Apple Said to Warn Ireland Delays Threaten $1B Data Center Project
Apple concerned about data center holdup in planning process; little progress made on Irish center as Denmark powers ahead
September 13, 2017
Dara Doyle (Bloomberg) -- Apple Inc. has warned Irish authorities that continuing delays around its proposed data center in the west of the country could jeopardize the $1 billion project, according to two people familiar with the matter.
The iPhone maker, which scouted 19 countries before choosing Ireland, raised concern that the project remains mired in the planning process, according to the people who asked not be named because the matter is private. The plan to build a data center in a Galway forest, due to cover 166,000 square meters, the equivalent to about 23 soccer fields, close to the Atlantic coast was announced in 2015 and had been expected to be completed this year.
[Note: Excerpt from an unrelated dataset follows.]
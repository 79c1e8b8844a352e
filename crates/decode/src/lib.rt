// What a word is, record or refusal: the definitions and the order of the tests stand in specs/.
#![tactic(auto)]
Instead, Apple is still awaiting a court hearing into a challenge by objectors into the planning approval for the project. The company is also worried that plans to power the center could also be contested, adding additional delays, though it hasn’t given Ireland a deadline for completing the process, according to one of the people.
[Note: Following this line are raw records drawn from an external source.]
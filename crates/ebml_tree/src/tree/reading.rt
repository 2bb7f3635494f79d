//! Trees that are read from a master's bytes.

ghost use Rattle.std.specs.Prelude.{◌≡◌, ◌≤◌, ◌<◌, ◌+◌, ◌^◌, ◌==◌, not, ℕ, length, Ok, Err, IfOk, IfErr, IsTrue};
ghost use Rattle.ebml_numbers.specs.Number.{is_written_id};
ghost use Rattle.mkv_schema.specs.Schema.{is_master};
ghost use Rattle.mkv_schema.specs.Element.{known};
ghost use Rattle.mkv_schema.specs.Value.{is_known_value};
ghost use Rattle.tree_format.specs.Node.{leaf, master, nodes_of, depth, depth_all, deepest};
ghost use Rattle.tree_format.specs.Reading.{header_at, inside, behind, is_master_in, grown, grove};
ghost use Rattle.tree_format.specs.Fits.{Fits};
ghost use Rattle.ebml_tree.specs.Outcome.{GivesTree, GivesTrees, Refuses};

use crate::end::TreeEnd;
use crate::tree::content::{Content, depth_around, written_within};
use crate::tree::writing::LONGEST;
use crate::tree::{DEEPEST, Tree};
use ebml_numbers::Size;
use elements::{Parent, is_known_value, read_header};
use mkv_io::{Damage, Kind};
use mkv_schema::{Header, is_master, may_stand};
use std::alloc::{AllocError, Global};

impl Tree {
    ghost use Rattle.tree_format.specs.Node.{count, id_of, IsMaster};
    ghost use Rattle.tree_format.specs.Standing.{IsSound, KeepsLimits, IsReadAgain};
    ghost use Rattle.tree_format.specs.Reading.{tree_of};
    ghost use Rattle.ebml_tree.specs.Outcome.{ReadsTree};

    /// Reads a master with the ID `id` as a tree, from its content `body` (RFC 8794, section 7.7, Master Element). Used
    /// for each Element that is loaded whole, such as Tracks, Info or a SeekHead.
    ///
    /// The header is at the offset `offset` of the file, and the content at the offset `base`, both in bytes. The tree
    /// may have `nodes` Elements, including the master, Void and CRC-32, and 32 masters may be nested. Damage is the
    /// first one in the order of the Elements.
    pub fn parse(
        alloc: Global,
        id: u32,
        offset: u64,
        body: &[u8],
        base: u64,
        nodes: u32,
    ) -> Result<Tree, TreeEnd>
        requires master { IsTrue (is_master id) }
        requires places { base + length body.now ≤ 2 ^ 63 }
        ensures exact { ReadsTree result (tree_of id offset body.now base nodes) }

        // The tree is a valid master with this ID, and has at most `nodes` Elements.
        ensures root { IfOk result (λ tree. IsMaster tree × (id_of tree ≡ id)) }
        ensures sound { IfOk result IsSound }
        ensures count { IfOk result (λ tree. count tree ≤ nodes) }

        // The bytes that `put` writes after its header are read back as the same tree, with new offsets.
        ensures again { (more : ℕ) → nodes ≤ more → IfOk result (IsReadAgain more) }
    {
        Tree::read(alloc, id, offset, body, base, nodes)
    }

    // Reads the tree for `parse`, which promises more about it; the parameters are the ones of `parse`.
    #[tactic(auto, using(crate::proofs::EndLemmas::masters))]
    fn read(
        alloc: Global,
        id: u32,
        offset: u64,
        body: &[u8],
        base: u64,
        nodes: u32,
    ) -> Result<Tree, TreeEnd>
        requires master { IsTrue (is_master id) }
        requires places { base + length body.now ≤ 2 ^ 63 }
        ensures exact { ReadsTree result (tree_of id offset body.now base nodes) }
        ensures limits { IfOk result KeepsLimits }
    {
        if nodes == 0 {
            return Err(too_many(id, offset));
        }
        let mut left = nodes - 1;
        let trees = trees_in(alloc, DEEPEST - 1, &mut left, id, base, body)?;
        Tree::of_children(id, offset, trees)
    }

    // Returns a leaf with the ID `id` and the bytes `bytes`, whose header is at the offset `offset` of a file. Called
    // for each leaf that is read or made. Fails if memory runs out or `bytes` is too long for an Element.
    pub(super) fn of_body(
        alloc: Global,
        id: u32,
        offset: u64,
        bytes: &[u8],
    ) -> Result<Tree, AllocError>
        requires { IsTrue (is_written_id id) }
        ensures { IfOk result (λ tree. tree ≡ leaf id offset bytes.now) }
    {
        let written = bytes.len() as u64;
        if written > LONGEST {
            return Err(AllocError);
        }
        Ok(Tree {
            id,
            offset,
            written,
            depth: 0,
            content: Content::Body(bytes.to_vec(alloc)?),
        })
    }

    // Returns a master with the ID `id` and the children `trees`, whose header is at the offset `offset` of a file.
    // Called for each master that is read. Fails as if memory ran out if the children are too long together.
    fn of_children(id: u32, offset: u64, trees: Vec<Tree>) -> Result<Tree, TreeEnd>
        requires id { IsTrue (is_written_id id) }
        requires room { depth_all (nodes_of trees.items) < deepest }
        ensures ok { IfOk result (λ tree. tree ≡ master id offset (nodes_of trees.items)) }
        ensures limits { IfOk result KeepsLimits }
        ensures err { IfErr result (λ end. end ≡ TreeEnd.Memory) }
    {
        let Some(written) = written_within(trees.as_slice()) else {
            return Err(TreeEnd::Memory);
        };
        Ok(Tree {
            id,
            offset,
            written,
            depth: depth_around(trees.as_slice()),
            content: Content::Children(trees),
        })
    }
}

// Returns the refusal of a tree with too many Elements or nested masters. The first that is too many has the ID `id`
// and the offset `offset` in bytes. Called before an Element is read that exceeds the limit.
fn too_many(id: u32, offset: u64) -> TreeEnd
    ensures { result ≡ TreeEnd.Damage (record { kind = Kind.TooMany; id = id; offset = offset }) }
{
    TreeEnd::Damage(Damage {
        kind: Kind::TooMany,
        id,
        offset,
    })
}

// Checks whether the schema has `id` as a master under `parent`; any other Element is read as a leaf. `tree_in` does
// this for each Element.
fn is_master_in(parent: u32, id: u32) -> bool
    ensures { result ≡ is_master_in parent id }
{
    may_stand(id, parent) && is_master(id)
}

// Reads the Element with the header `header` and the content `body` under `parent` as a tree, for `trees_in`. It may
// have `room` nested masters, and `left` is the number of Elements that may still follow.
#[cycle(reading)]
fn tree_in(
    alloc: Global,
    room: u8,
    left: &mut u32,
    parent: u32,
    header: &Header,
    body: &[u8],
) -> Result<Tree, TreeEnd>
    requires id { IsTrue (is_written_id header.now.id) }
    requires places { header.now.body + length body.now ≤ 2 ^ 63 }
    requires room { room < deepest }
    ensures ok { IfOk result (GivesTree (grown grove room left.old parent header.now body.now) left.new) }
    ensures err { IfErr result (λ end. Refuses end (grown grove room left.old parent header.now body.now)) }
    ensures shallow { IfOk result (λ tree. depth tree ≤ room) }
{
    if *left == 0 {
        return Err(too_many(header.id, header.offset));
    }
    *left -= 1;
    if is_master_in(parent, header.id) {
        if room == 0 {
            return Err(too_many(header.id, header.offset));
        }
        let trees = trees_in(alloc, room - 1, left, header.id, header.body, body)?;
        return Tree::of_children(header.id, header.offset, trees);
    }
    if !is_known_value(parent, header.id, body) {
        return Err(TreeEnd::Damage(Damage {
            kind: Kind::BadValue,
            id: header.id,
            offset: header.offset,
        }));
    }
    Ok(Tree::of_body(alloc, header.id, header.offset, body)?)
}

// Reads the Elements in `body`, the content of a master with the ID `parent`, as trees, for `read` and for each nested
// master. It is at the offset `place` of the file. The trees may have `room` nested masters, and `left` is the number
// of Elements that may still follow.
#[cycle(reading)]
fn trees_in(
    alloc: Global,
    room: u8,
    left: &mut u32,
    parent: u32,
    place: u64,
    body: &[u8],
) -> Result<Vec<Tree>, TreeEnd>
    requires places { place + length body.now ≤ 2 ^ 63 }
    requires room { room < deepest }
    ensures ok { IfOk result (λ trees. GivesTrees (grove room left.old parent place body.now) left.new trees.items) }
    ensures err { IfErr result (λ end. Refuses end (grove room left.old parent place body.now)) }
    ensures shallow { IfOk result (λ trees. depth_all (nodes_of trees.items) ≤ room) }
{
    let mut trees = Vec::new(alloc);
    let mut at = place;
    let mut rest = body;
    while !rest.is_empty() {
        let (header, size) = header_in(parent, at, rest)?;
        let (inside, behind) = cut(rest, at, &header, size);
        let tree = tree_in(alloc, room, left, parent, &header, inside)?;
        trees.push(tree)?;
        at = header.body + size;
        rest = behind;
    }
    Ok(trees)
}

// Returns the header of the Element at the start of `rest`, for `header_in`. They are the unread bytes of a master with
// the ID `parent`, at the offset `at` of the file. An Element that exceeds them, or has an unknown size, is damage.
fn front_header(parent: u32, at: u64, rest: &[u8]) -> Result<Header, Damage>
    requires { at + length rest.now ≤ 2 ^ 63 }
    ensures { result ≡ header_at parent at rest.now }
{
    let end = at + rest.len() as u64;
    read_header(rest, Parent::Tree(parent), end, at, end)
}

// Returns the header of the Element at the start of `rest`, and the length of its content in bytes. `rest` are the
// unread bytes of a master with the ID `parent`, at the offset `at` of the file. `trees_in` does this for each Element.
fn header_in(parent: u32, at: u64, rest: &[u8]) -> Result<(Header, u64), Damage>
    requires { at + length rest.now ≤ 2 ^ 63 }
    ensures ok { IfOk result (λ found. header_at parent at rest.now ≡ Ok found.0) }
    ensures err { IfErr result (λ damage. header_at parent at rest.now ≡ Err damage) }
    ensures size { IfOk result (λ found. found.1 ≡ known found.0.size) }
    ensures fits { IfOk result (λ found. Fits at (at + length rest.now) found.0) }
    ensures id { IfOk result (λ found. IsTrue (is_written_id found.0.id)) }
{
    let header = front_header(parent, at, rest)?;
    match header.size {
        Size::Known(size) => Ok((header, size)),
        Size::Unknown => unreachable!(),
    }
}

// Splits `rest`, the unread bytes of a master at the offset `at` of the file. Returns the content of its first Element,
// `size` bytes after `header`, and the bytes after the Element, which `trees_in` reads next.
fn cut<'a>(rest: &'a [u8], at: u64, header: &Header, size: u64) -> (&'a [u8], &'a [u8])
    requires fits { Fits at (at + length rest.now) header.now }
    requires size { size ≡ known header.now.size }
    ensures inside { result.0.now ≡ inside at header.now rest.now }
    ensures behind { result.1.now ≡ behind at header.now rest.now }
{
    let body = (header.body - at) as usize;
    let end = body + size as usize;
    (&rest[body..end], &rest[end..])
}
Advocates of the Apple project say the delays illustrate a deeper issue: the difficulty executing large infrastructure developments in Ireland compared with other countries. Apple has almost completed a similar project in Denmark that Chief Executive Officer Tim Cook announced simultaneously as part of its biggest-ever investment in Europe, and said in July it plans a second data center in the Scandinavian country.
In Ireland, the forestry site remains largely untouched, as the project became bogged down in the planning process, with objectors contesting its potential environmental impact and economic benefits. Though a Dublin court agreed to fast-track a second legal challenge to the center planning approval in November, that case won’t be heard until October.
While the court probably won’t block the center altogether, it could send the project back into the planning process if it finds flaws in the earlier procedure. Depending on the outcome of the case, Apple may quietly shelve the center or scale it back, rather than formally abandon it, according to one of the people.
Apple declined to comment, as did IDA Ireland, the agency responsible for attracting inward investment into the country.